Bieganie a odchudzanie – jak skutecznie się za to zabrać?
Bieganie jest najskuteczniejszym sposobem odchudzania poprzez sport, co do tego nie ma wątpliwości. Jest to aktywność paliwożerna i mocno obciążająca mięśnie, potrafi też bardzo mocno rozpędzić metabolizm w godzinach potreningowych. Tym niemniej, warto zdać sobie sprawę z trudności, które napotkasz na tej drodze. Bieganie a odchudzanie to połączenie idealne. Jednak niewłaściwe podejście do tematu grozi nie tylko nieskutecznością kuracji, ale i nasila ryzyko kontuzji.
Bieganie a odchudzanie – od czego zacząć?
Dla początkującego bieganie jest sportem bardzo wymagającym, zarówno pod względem kondycyjnym, jak i mięśniowym. Pierwsze próby treningu okażą się diabelnie trudne.
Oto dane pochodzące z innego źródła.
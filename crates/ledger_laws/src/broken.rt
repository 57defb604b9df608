//! Ledgers with one mistake each.
ghost use Rattle.ledger_laws.specs.Broken.{acquire_below_a_closed_scope, acquire_in_a_closed_scope, acquire_twice, cancel_before_the_finals, cancel_of_a_begun_stream, cancel_twice, close_of_no_scope, close_twice, event_between_close_and_finals, final_before_close, final_by_a_stranger, final_despite_a_lease, final_twice, final_with_another_exit_than_its_cancel, final_with_another_exit_than_its_close, finals_with_two_exits, lease_twice, lease_without_a_cancel, leased_rows_in_order_of_acquisition, parent_before_child, root_left_open, row_without_a_final, scope_left_open, siblings_in_order_of_acquisition, uncovered_row_waits};
ghost use Rattle.ledger_laws.specs.Written.{IsOnlyDisordered, IsOnlyIncomplete};
ghost use Rattle.res_ledger.specs.Ledger.{IsLegal};

/// Ledgers with an event that may not follow those before it.
pub fn illegal_ledgers()
    ensures is_final_before_close { ¬ (IsLegal final_before_close) }
    ensures is_final_twice { ¬ (IsLegal final_twice) }
    ensures is_final_despite_a_lease { ¬ (IsLegal final_despite_a_lease) }
    ensures is_final_by_a_stranger { ¬ (IsLegal final_by_a_stranger) }
    ensures is_cancel_before_the_finals { ¬ (IsLegal cancel_before_the_finals) }
    ensures is_cancel_of_a_begun_stream { ¬ (IsLegal cancel_of_a_begun_stream) }
    ensures is_cancel_twice { ¬ (IsLegal cancel_twice) }
    ensures is_lease_twice { ¬ (IsLegal lease_twice) }
    ensures is_acquire_in_a_closed_scope { ¬ (IsLegal acquire_in_a_closed_scope) }
    ensures is_acquire_below_a_closed_scope { ¬ (IsLegal acquire_below_a_closed_scope) }
    ensures is_acquire_twice { ¬ (IsLegal acquire_twice) }
    ensures is_close_twice { ¬ (IsLegal close_twice) }
    ensures is_close_of_no_scope { ¬ (IsLegal close_of_no_scope) }
{}

/// Legal ledgers that leave something open, leased or without its end.
pub fn incomplete_ledgers()
    ensures is_row_without_a_final { IsOnlyIncomplete row_without_a_final }
    ensures is_lease_without_a_cancel { IsOnlyIncomplete lease_without_a_cancel }
    ensures is_scope_left_open { IsOnlyIncomplete scope_left_open }
    ensures is_root_left_open { IsOnlyIncomplete root_left_open }
{}

/// Legal and complete ledgers whose rows end in a wrong order, or are told another exit than that
/// of the Close or Cancel they follow.
pub fn disordered_ledgers()
    ensures is_siblings_in_order_of_acquisition { IsOnlyDisordered siblings_in_order_of_acquisition }
    ensures is_parent_before_child { IsOnlyDisordered parent_before_child }
    ensures is_uncovered_row_waits { IsOnlyDisordered uncovered_row_waits }
    ensures is_leased_rows_in_order_of_acquisition { IsOnlyDisordered leased_rows_in_order_of_acquisition }
    ensures is_event_between_close_and_finals { IsOnlyDisordered event_between_close_and_finals }
    ensures is_final_with_another_exit_than_its_close { IsOnlyDisordered final_with_another_exit_than_its_close }
    ensures is_final_with_another_exit_than_its_cancel { IsOnlyDisordered final_with_another_exit_than_its_cancel }
    ensures is_finals_with_two_exits { IsOnlyDisordered finals_with_two_exits }
{}
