//! A ledger's text is read back as that ledger.
ghost use Rattle.std.specs.Prelude.{◌≡◌, IfErr, IfOk};

use ledger_text::{LedgerRefused, laws, read};
use res_ledger::{Ledger, text};
use std::alloc::Global;

/// What is read from the text of a ledger: that ledger, unless memory is wanting.
pub fn read_back(alloc: Global, ledger: &Ledger) -> Result<Ledger, LedgerRefused>
    ensures same { IfOk result (λ back. back ≡ ledger.now) }
    ensures memory { IfErr result (λ why. why ≡ LedgerRefused.Memory) }
{
    laws::reading_is_one();
    let _events = ledger.as_slice();
    let Ok(line) = text(alloc, ledger) else {
        return Err(LedgerRefused::Memory);
    };
    read(alloc, line.as_slice())
}
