//! What a Close takes down.
ghost use Rattle.ledger_laws.specs.Torn.{TornRowsAreDistinct, TornRowsAreExact, TornRowsAreOpen};

/// In a legal ledger: the rows that are open in the scope and below it, each once.
pub fn teardown_is_exact()
    ensures exact { TornRowsAreExact }
    ensures open { TornRowsAreOpen }
    ensures distinct { TornRowsAreDistinct }
{}
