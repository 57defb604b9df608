//! Laws of the calls that the contract of the top call takes.
ghost use Rattle.audit_laws.specs.Printed.{LedgersAreClean, LedgersArePrinted};

/// What `cat` and `run` report keeps the rules, and is what they print.
pub fn printed_ledgers_are_clean()
    ensures clean { LedgersAreClean }
    ensures printed { LedgersArePrinted }
{}
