//! Ledgers that are legal, complete and ordered.
ghost use Rattle.ledger_laws.specs.Worked.{stream_goes_on_after_its_cancel, child_closed_first, failed_finalizer, lease_on_the_middle, lease_on_the_root, nothing_acquired, one_row, reader_is_stopped, row_kept_by_a_lease, rows_of_a_leased_stream, stream_never_started, three_scopes_at_once, two_rows};
ghost use Rattle.ledger_laws.specs.Written.{IsRight};

/// Ledgers of runs that went right.
pub fn right_ledgers()
    ensures is_one_row { IsRight one_row }
    ensures is_failed_finalizer { IsRight failed_finalizer }
    ensures is_nothing_acquired { IsRight nothing_acquired }
    ensures is_row_kept_by_a_lease { IsRight row_kept_by_a_lease }
    ensures is_reader_is_stopped { IsRight reader_is_stopped }
    ensures is_two_rows { IsRight two_rows }
    ensures is_rows_of_a_leased_stream { IsRight rows_of_a_leased_stream }
    ensures is_child_closed_first { IsRight child_closed_first }
    ensures is_stream_never_started { IsRight stream_never_started }
    ensures is_lease_on_the_middle { IsRight lease_on_the_middle }
    ensures is_lease_on_the_root { IsRight lease_on_the_root }
    ensures is_three_scopes_at_once { IsRight three_scopes_at_once }
{}

/// What the rules don't refuse: no rule says that a stream ends with its Cancel.
pub fn ledgers_let_through()
    ensures { IsRight stream_goes_on_after_its_cancel }
{}
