//! What holds of a main tree and of the trees of the seats that it split off: how the ledger stands
//! once each of them is back.
//!
//! A family (`IsFamily`) is a main tree with the seats that it split off, told by the stream of each
//! and by what was noted before. `laws::family_grows` says that a tree at its start is one, and that
//! calls, splits and joins keep it one: a loop that starts streams and takes them in again has it as
//! its invariant. At the end `family_may_finish` gives what `RowSeat::finish` asks, and
//! `family_is_whole` that the ledger is lawful, complete and in order. Where each seat was split off
//! in pace (`IsInPace`), `family_is_paced` says that each stream's lease and the next one's stand
//! before its first event, that no more streams are open at once than the width, and that a stream
//! begins once the leases of all before it but fewer than the width were cancelled.
//!
//! All is plain data that only contracts see, and nothing here runs: each law is the contract of a
//! function that does nothing. The calls of `join_tree` keep a family by them.
#![tactic(auto)]

pub mod laws;
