//! The audit of a printed ledger.
ghost use Rattle.std.specs.Prelude.{◌≡◌, IfErr, IfOk};
ghost use Rattle.audit_laws.specs.Printed.{IsPrintedLedger};

use crate::laws;
use ledger_audit::audit;
use ledger_text::{LedgerRefused, read};
use ledger_verdict::Verdict;
use std::alloc::Global;

/// The verdict on a ledger that `cat` or `run` printed: it is clean, unless memory is wanting.
pub fn audit_printed(alloc: Global, printed: &[u8]) -> Result<Verdict, LedgerRefused>
    requires { IsPrintedLedger printed.now }
    ensures clean { IfOk result (λ verdict. verdict ≡ Verdict.Clean) }
    ensures memory { IfErr result (λ why. why ≡ LedgerRefused.Memory) }
{
    laws::printed_ledgers_are_clean();
    ledger_text::laws::reading_is_one();
    ledger_verdict::laws::verdict_is_one();
    let ledger = read(alloc, printed)?;
    let Ok(verdict) = audit(alloc, &ledger) else {
        return Err(LedgerRefused::Memory);
    };
    Ok(verdict)
}
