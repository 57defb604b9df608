//! Where a row stands while a ledger grows.
ghost use Rattle.ledger_laws.specs.Stands.{KeptRowGoesForward, OwnRowGoesForward};

/// The two rows of a run with one table and one stream that reads it.
pub fn rows_of_a_run()
    ensures kept { KeptRowGoesForward }
    ensures own { OwnRowGoesForward }
{}
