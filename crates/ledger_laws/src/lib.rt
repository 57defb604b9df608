//! What the rules of a ledger say of ledgers that are written out: which ones they take, and that
//! each mistake breaks the rule that is against it.
#![tactic(auto)]

pub mod back;
pub mod broken;
pub mod stands;
pub mod torn;
pub mod worked;
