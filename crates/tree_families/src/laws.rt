//! Laws of a main tree with the seats that it split off, each the contract of a function that does
//! nothing.
ghost use Rattle.tree_families.specs.Laws.{FamilyGrows, FamilyIsPaced, FamilyIsWhole, FamilyMayFinish, PartsLeaveLast, ShelvesOfFamily};

use scope_tree::Finish;

/// How a family begins, and that calls, splits and joins keep it one.
pub fn family_grows<P: Finish>()
    ensures { FamilyGrows P.ends }
{}

/// The main seat may finish.
pub fn family_may_finish<P: Finish>()
    ensures { FamilyMayFinish P.ends }
{}

/// The finished ledger is legal, complete and in order.
pub fn family_is_whole<P: Finish>()
    ensures { FamilyIsWhole P.ends }
{}

/// The finished ledger tells each stream's lease, and the next one's, before the stream begins, no
/// more streams open at once than the width, and streams that begin in their order.
pub fn family_is_paced<P: Finish>()
    ensures { FamilyIsPaced P.ends }
{}

/// No row stands on the shelves of two trees of a family.
pub fn shelves_of_family_are_apart<P: Finish>()
    ensures { ShelvesOfFamily P.ends }
{}

/// A tree that closed its root, and cancelled its one lease then, left last.
pub fn parts_leave_last<P: Finish>()
    ensures { PartsLeaveLast P.ends }
{}
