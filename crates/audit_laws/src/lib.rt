//! What an audit answers on the ledgers that `cat` and `run` print.
//!
//! - `laws::printed_ledgers_are_clean` says of each call that has the contract of the top call, and
//!   whose words ask for a `cat` or a `run`: the ledger that it reports is clean, whatever the status;
//!   and at the statuses 0, 1 and 7 the text of that ledger was printed last, behind the frames and
//!   the lines of the ends.
//! - `audit_printed` reads such a text and audits it: it answers `Clean`, or that memory was wanting.
#![tactic(auto)]

pub mod laws;
pub mod printed;

pub use printed::audit_printed;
Ambitne plany biegania tylu i tylu kilometrów legną w gruzach, gdy okaże się, że osobie z nadwagą, bez doświadczenia biegowego, mocy starcza na jakieś 100-200 metrów biegu, w praktyce: nie więcej niż 30 sekund wysiłku. Później zadyszka jest tak obezwładniająca, że nie ma mowy o kontynuowaniu biegu.
Następnego dnia okazuje się, że krótki trening spowodował rozległe spustoszenie w mięśniach i trudno wyjść na trening, bo jest się kompletnie obolałym. Z tego względu nie ma sensu planowanie innego sposobu odchudzania poprzez bieganie niż użycie marszobiegu lub interwału. Z początku krótkie odcinki biegu są przedzielone długimi odcinkami marszu czy też dogorywania i dochodzenia do siebie. Nie można być zbyt ambitnym: o ile oddechowo poprawa formy jest szybka, tak mięśnie i ścięgna osoby z nadwagą są jej słabym punktem. Jeśli obciążenia będą wzrastały zbyt szybko, przygoda z bieganiem szybko skończy się z powodu kontuzji.

Te dwa praktyczne aspekty: czas trwania oraz ryzyko kontuzji powodują, że jakiekolwiek biegi ciągłe nie są zalecaną forma aktywności dla odchudzających się. Chyba że mówimy o osobie doświadczonej biegowo, która chce zrzucić dwa czy cztery kilogramy – to zupełnie inna sytuacja. Ktoś, kto zrzuca 10, 20 czy 30 kilogramów, a do tego nie ma doświadczenia treningowego, musi podchodzić do tematu z wręcz przesadną ostrożnością. Co z tego, że przebiegasz regularnie miesiąc, jeśli potem kontuzja wyłączy Cię z aktywności na kilka tygodni i z powrotem przybierzesz na wadze? Odchudzając się poprzez bieganie, trzeba celować w zmianę stylu życia i mieć cel długodystansowy – myśleć w perspektywie miesięcy i lat, a nie dni czy tygodni.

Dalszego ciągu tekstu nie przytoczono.